Can't blame just the bureaucracy and business in this regard; many community-based and not-for-profit organisations (including those in the arts) seem to like emulating corporate structures and behaviour -- this is why CCD.net, for example, opted to spend more than $40,000 on a web site produced by a commercial firm (in spite of a competing bid for half the price that would build the site on the foundation of free, open source content management software, i.e. phpwebsite).

Anyway, hope the government sites I cited will give you a good idea of the state of institutional and government for cultural development and the internet.

How do you see the role of a community artist in this context?

It would depend on the principles and practice of the community artist. There are many -- and sometimes conflicting -- interpretations of "community artist" in Australia. Community artists of different persuasions, however, are eligible for support from various institutions; one will just need to approach the relevant institution depending on the nature of the project.

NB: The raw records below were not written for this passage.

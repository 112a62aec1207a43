//! The server's end shakes hands.

ghost use Rattle.std.specs.Prelude.{◌≡◌};
ghost use Rattle.ei_backend.specs.Backend.{BackendView};
ghost use Rattle.ei_backend.specs.Lent.{LentClock};
ghost use Rattle.ei_pair.specs.ServerEnd.{endpoint_in};
ghost use Rattle.ei_pair.specs.Stages.{FinishesEnd, ShakesEnd, ObeysEnd};
ghost use Rattle.ei_pair.specs.declared.server_end.ServerEnd.TheVariants as end;

use crate::server_end::ServerEnd;
use ei_backend::Clock;
use ei_handshake::EisHandshaker;
use ei_linked::Half;
use ei_request::EisRequestConverter;
use ei_server::{Context, Handshake, Request};
use ei_types::Error;
use std::alloc::Global;
use std::mem;

/// Hands a request to the handshaker of a server's end. Where that hands the connection over, the converter is made.
fn shake(
    alloc: Global,
    server: &mut ServerEnd,
    tells: &mut EisHandshaker,
    serial: u32,
    request: Request,
) -> Result<(), Error>
    requires shakes { server.old ≡ end.Shaking (endpoint_in server.old) }
    requires serial { serial ≡ tells.old.serial }
    ensures { ShakesEnd tells.old (endpoint_in server.old) request result tells.new server.new }
{
    match tells.keep(request)? {
        None => Ok(()),
        Some(handshake) => finish(alloc, server, tells, serial, &handshake),
    }
}

/// The client is done: the handshaker hands the connection over, and the converter is made.
fn finish(
    alloc: Global,
    server: &mut ServerEnd,
    tells: &mut EisHandshaker,
    serial: u32,
    handshake: &Handshake,
) -> Result<(), Error>
    requires shakes { server.old ≡ end.Shaking (endpoint_in server.old) }
    requires serial { serial ≡ tells.old.serial }
    ensures { FinishesEnd handshake.now.id tells.old (endpoint_in server.old) result tells.new server.new }
{
    let spare = Context::new(alloc)?;
    match server {
        ServerEnd::Shaking(context) => match tells.finish(context, handshake) {
            Ok(resp) => {
                let context = mem::replace(context, spare);
                let converter = EisRequestConverter::new(alloc, context, resp, serial);
                drop(mem::replace(server, ServerEnd::Talking(converter)));
                Ok(())
            }
            Err(error) => {
                // by a call: at the end of a scope the drop of each field is proved anew
                drop(spare);
                Err(error)
            }
        },
        ServerEnd::Talking(_) => unreachable!(),
    }
}

/// Hands a request to what stands over a server's endpoint: its handshaker, or its converter once that one is done.
fn obey<C: Clock>(
    alloc: Global,
    server: &mut ServerEnd,
    tells: &mut EisHandshaker,
    serial: u32,
    clock: &mut C,
    request: Request,
) -> Result<(), Error>
    requires serial { serial ≡ tells.old.serial }
    ensures obeys { ObeysEnd server.old tells.old request (C.view clock.old).left (C.view clock.new).left
        result tells.new server.new }
    ensures clock { LentClock C.later clock.old clock.new }
{
    match server {
        ServerEnd::Talking(converter) => converter.handle_request(clock, request),
        ServerEnd::Shaking(_) => shake(alloc, server, tells, serial, request),
    }
}

/// The same of the server's end with what it sent and took, which stays.
pub(crate) fn obey_at<C: Clock>(
    alloc: Global,
    server: &mut Half<ServerEnd>,
    tells: &mut EisHandshaker,
    serial: u32,
    clock: &mut C,
    request: Request,
) -> Result<(), Error>
    requires serial { serial ≡ tells.old.serial }
    ensures obeys { ObeysEnd server.old.context tells.old request (C.view clock.old).left (C.view clock.new).left
        result tells.new server.new.context }
    ensures rest { server.new ≡ record server.old { context = server.new.context } }
    ensures clock { LentClock C.later clock.old clock.new }
{
    obey(alloc, &mut server.context, tells, serial, clock, request)
}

For community artists who do not necessarily rely on government funding to do things -- and this includes what I describe as endogenous or organic artists, or artists who belong to communities where art/culture is built -- then institutional funding may not secondary, if at all a significant consideration in their work.

With the push to corporatisation, it may in fact be better to avoid institutional support for some community arts projects; this way community artists can avoid the pressures to conform to official standards of "professional" web sites or net art and concentrate on maximising Internet technologies for projects that are determined and which serve community interests.

At Kids' Own we work with professional artists in educational and community contexts. Often we find artists see these situations as 'gigs', external to their own practice and simply ways to make money. We find the best community or educational arts projects are where artists approach these situations as collaborations, and see the outcomes as part of their portfolio. In your experience, what defines quality community arts practice?

Quality community arts practice is about the democratisation of the means of cultural and artistic production. I know this betrays my Marxist heritage, but hey, I really believe in this vision. Community arts must be created, controlled, critiqued, supported, developed, etc. by communities where the arts live. I believe artists should be endogenous to the communities where art is made.

I wrote a paper on issues to do with notions of community and community arts for Artwork magazine; I have a PDF on another computer which I will send you later.

How do you feel new media, technology and the internet can effect good community arts practice?

I am most interested, at the moment, in the possibilities of cultural and arts development among virtual communities. This is a topic that I have been grappling with for some years now and will continue to grapple with in the coming years, I think.

I have a flash movie at http://bramilo.octa4.net.au/thinktank.swf about CCD and virtual communities that may be relevant in this regard.

I am also interested in using internet technologies for all sorts of dialogue and communication among community artists and communities, even if it not to make art or even if the dialogue is not about art. Dialogical processes inspire development of art, culture, and society, and Internet technologies can enhance these processes.